Doing performance testing was still valuable. It helped us understand where we needed to do more work. It was just too little too late for many projects that I worked on.

I have tried different approaches in the past. I would instrument the application that I worked on to get data, but that was usually done against a development or QA environment. Reading the logs to find the instrumentation data made it difficult to extract valuable information. The instrumentation had a measurable impact on the response time so it was generally turned off in the production deployments.

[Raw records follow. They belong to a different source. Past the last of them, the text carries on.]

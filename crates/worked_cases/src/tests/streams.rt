//! The specification of a stream: each of its limits, the packets that it admits, and the numbers of its paths.
use super::cases::{STREAM, spec_of};
use rtp_stream::{AdmitFault, Path, SpecFault, Stream, StreamSpec};
use rtp_wire::read;
use std::process::Abort;

/// The parts of a stream, and the first fault in them, or the number of octets of a payload.
#[derive(Clone, Copy)]
struct Parts {
    shows: &'static str,
    stream: Stream,
    result: Result<usize, SpecFault>,
}

const PARTS: [Parts; 12] = [
    Parts {
        shows: "a packet of one channel of L24 and 6 instants has 18 octets",
        stream: STREAM,
        result: Ok(18),
    },
    Parts {
        shows: "5 instants per packet are not allowed",
        stream: Stream {
            frames: 5,
            ..STREAM
        },
        result: Err(SpecFault::Frames),
    },
    Parts {
        shows: "eight channels of L24 and 192 instants would be 4,608 octets",
        stream: Stream {
            channels: 8,
            frames: 192,
            ..STREAM
        },
        result: Err(SpecFault::TooLong),
    },
    Parts {
        shows: "a window of 12 packets is no power of two",
        stream: Stream {
            window: 12,
            ..STREAM
        },
        result: Err(SpecFault::Window),
    },
    Parts {
        shows: "8 packets of 6 hold a latency of 36",
        stream: Stream {
            latency: 36,
            ..STREAM
        },
        result: Ok(18),
    },
    Parts {
        shows: "they do not hold one of 37",
        stream: Stream {
            latency: 37,
            ..STREAM
        },
        result: Err(SpecFault::Latency),
    },
    Parts {
        shows: "payload type 10 is a static one",
        stream: Stream { pt: 10, ..STREAM },
        result: Err(SpecFault::PayloadType),
    },
    Parts {
        shows: "level C has 64 channels in packets of 6 instants, of 1,152 octets",
        stream: Stream {
            channels: 64,
            ..STREAM
        },
        result: Ok(1_152),
    },
    Parts {
        shows: "9 channels are not allowed in packets of 48 instants",
        stream: Stream {
            channels: 9,
            frames: 48,
            ..STREAM
        },
        result: Err(SpecFault::Frames),
    },
    Parts {
        shows: "65 channels are too many",
        stream: Stream {
            channels: 65,
            ..STREAM
        },
        result: Err(SpecFault::Channels),
    },
    Parts {
        shows: "a stream has up to four paths",
        stream: Stream { paths: 4, ..STREAM },
        result: Ok(18),
    },
    Parts {
        shows: "five paths are too many",
        stream: Stream { paths: 5, ..STREAM },
        result: Err(SpecFault::Paths),
    },
];

/// Returns the number of octets of a stream's payloads, or the stream's first fault.
fn payload_len_of(stream: Stream) -> Result<usize, SpecFault> {
    Ok(StreamSpec::of(stream)?.payload_len())
}

/// Each limit of a stream's channels, packets, window, latency and paths is tried, with the fault that a stream past it
/// has.
#[test]
fn stream_faults_and_payload_lengths(rt: HostRuntime) {
    for parts in &PARTS {
        let found = payload_len_of(parts.stream);
        assert!(rt; found == parts.result, "{}: {found:?}", parts.shows);
    }
}

/// The packet (1, 0) of the stream, whose samples are 1 to 6.
const DATAGRAM: [u8; 30] = [
    0x80, 0x60, 0, 1, 0, 0, 0, 0, 0, 0, 0, 1, 0, 0, 1, 0, 0, 2, 0, 0, 3, 0, 0, 4, 0, 0, 5, 0, 0, 6,
];

/// A copy of it with payload type 97.
const OF_TYPE_97: [u8; 30] = [
    0x80, 0x61, 0, 1, 0, 0, 0, 0, 0, 0, 0, 1, 0, 0, 1, 0, 0, 2, 0, 0, 3, 0, 0, 4, 0, 0, 5, 0, 0, 6,
];

/// Returns the fault by which the stream refuses a datagram, if it does.
fn fault_of(rt: &impl Abort, octets: &[u8]) -> Option<AdmitFault> {
    let view = read(octets).expect(rt, "a datagram");
    spec_of(rt, STREAM).admit(&view).err()
}

/// A datagram of the stream is admitted as its packet. One of another payload type, and one without its last octet, are
/// refused.
#[test]
fn packets_of_the_type_and_length_are_admitted(rt: HostRuntime) {
    let view = read(&DATAGRAM).expect(&rt, "a datagram");
    let packet = spec_of(&rt, STREAM).admit(&view).expect(&rt, "a packet");
    assert!(rt; (packet.seq, packet.ts, packet.ssrc) == (1, 0, 1));
    assert!(rt; packet.payload.as_slice() == &DATAGRAM[12..]);
    assert!(rt; fault_of(&rt, &OF_TYPE_97) == Some(AdmitFault::WrongType));
    assert!(rt; fault_of(&rt, &DATAGRAM[..29]) == Some(AdmitFault::WrongLength));
}

/// Paths have the numbers 0 to 3. There is no path 4.
#[test]
fn there_are_four_paths(rt: HostRuntime) {
    for number in 0..4u8 {
        let path = Path::new(number).map(|path| path.number());
        assert!(rt; path == Some(number), "path {number}");
    }
    assert!(rt; Path::new(4).is_none());
}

Performance testing was different with Project Kenai. Kenai uses the NewRelic Rails plugin to get performance data from the application and generates reports that helps understand where the application is spending it's time and what areas could benefit for further investigation. Here is how we normally deal with performance issues:

  1. We use NewRelic to determine what functions are the slowest and have the most impact to our users.
  2. I go through the web site the morning after a deployment to see how the deployment changed the performance of the application.
  3. I schedule one or two performance issues if nothing stands out of the ordinary. Any serious performance degradation takes precedence of course.
  4. I use the development mode to research the performance problem and work toward a solution. My work environment has different performance than our production and staging sites, so I look for relative improvements rather than absolute measurements.
  5. I review the impact of the change in our staging environments. This helps me understand the performance of the application with a full production-like dataset as compared to the developer dataset. Many performance issues only showed themselves when running against a larger dataset than what was available to me in my development environment.

This cycle allowed the team to continually improve the performance of the application. We still have work to do with regards to performance. Most of the work that is left to do is in areas that are difficult to resolve, but we know where they are and we keep looking for ways to keep improving the performance.